(Beginning of Entries provided)
//! What the log lock holds, and the steps on it. Nothing else adds to the log or publishes.
ghost use Rattle.std.specs.Prelude.{◌≡◌, ◌+◌, ◌<◌, ◌≤◌, ◌↔◌, IsTrue, ◌++◌, ◌∷◌, [], List, length, take, drop, max, IfOk, IfErr, OnOk, OnErr};
ghost use Rattle.std.specs.List.{All, sum_by};
ghost use Rattle.std.specs.Bool.{OnTrue};
ghost use mathlib.Core.List.{IsPrefix};
ghost use Rattle.bwe_specs.specs.declared.report.Report.{Report};
ghost use Rattle.board_log.specs.Roll.{IsBy, placed, own_of};
ghost use Rattle.bwe_specs.specs.Fit.{IsFit};
ghost use Rattle.board_core.specs.Core.{IsAllowed};
ghost use Rattle.board.specs.Refusals.{IsRefusalAt};
ghost use Rattle.board.specs.Reporting.{AreInOrder};
ghost use Rattle.board.specs.Standing.{IsRaised};
ghost use Rattle.board.specs.CoreSteps.{IsReportStep, ArePostSteps, ArePostStepsOfAll, IsPostRefused};

use crate::ended::{Ended, FinishRefused};
use crate::refusal::ReportError;
use crate::reporter::ReporterPass;
use board_log::{Bases, Beginning, Roll, WholeLog};
use board_pair::{Ack, Desk, FinalAck, News, Profile};
use board_workshop::Workshop;
use bwe_specs::{MAX_REPORTS, OutOfMemory, Report};
use demand_book::{Maker, Posted};
use std::alloc::Global;
use std::marker::Model;
use std::sync::Wait;

/// The log, what adds to it, and what posts its tables. Contracts see the log, the posted number
/// and the pending number.
///
/// The pending number is how many reports the table covers that a refused publish left waiting, and
/// the posted number where none waits.
pub struct LogState<M: Maker, N: Profile<M::Table>, B: Bases> {
    log: Vec<Report>,
    whole: WholeLog<B>,
    roll: Roll<B>,
    poster: Desk<M::Table, N, B>,
    pending: u64,
}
(End of Entries provided)
### Task objective
Working through the records above, copy each line in which "WholeLog" is found.

### Answer section
use board_log::{Bases, Beginning, Roll, WholeLog};
    whole: WholeLog<B>,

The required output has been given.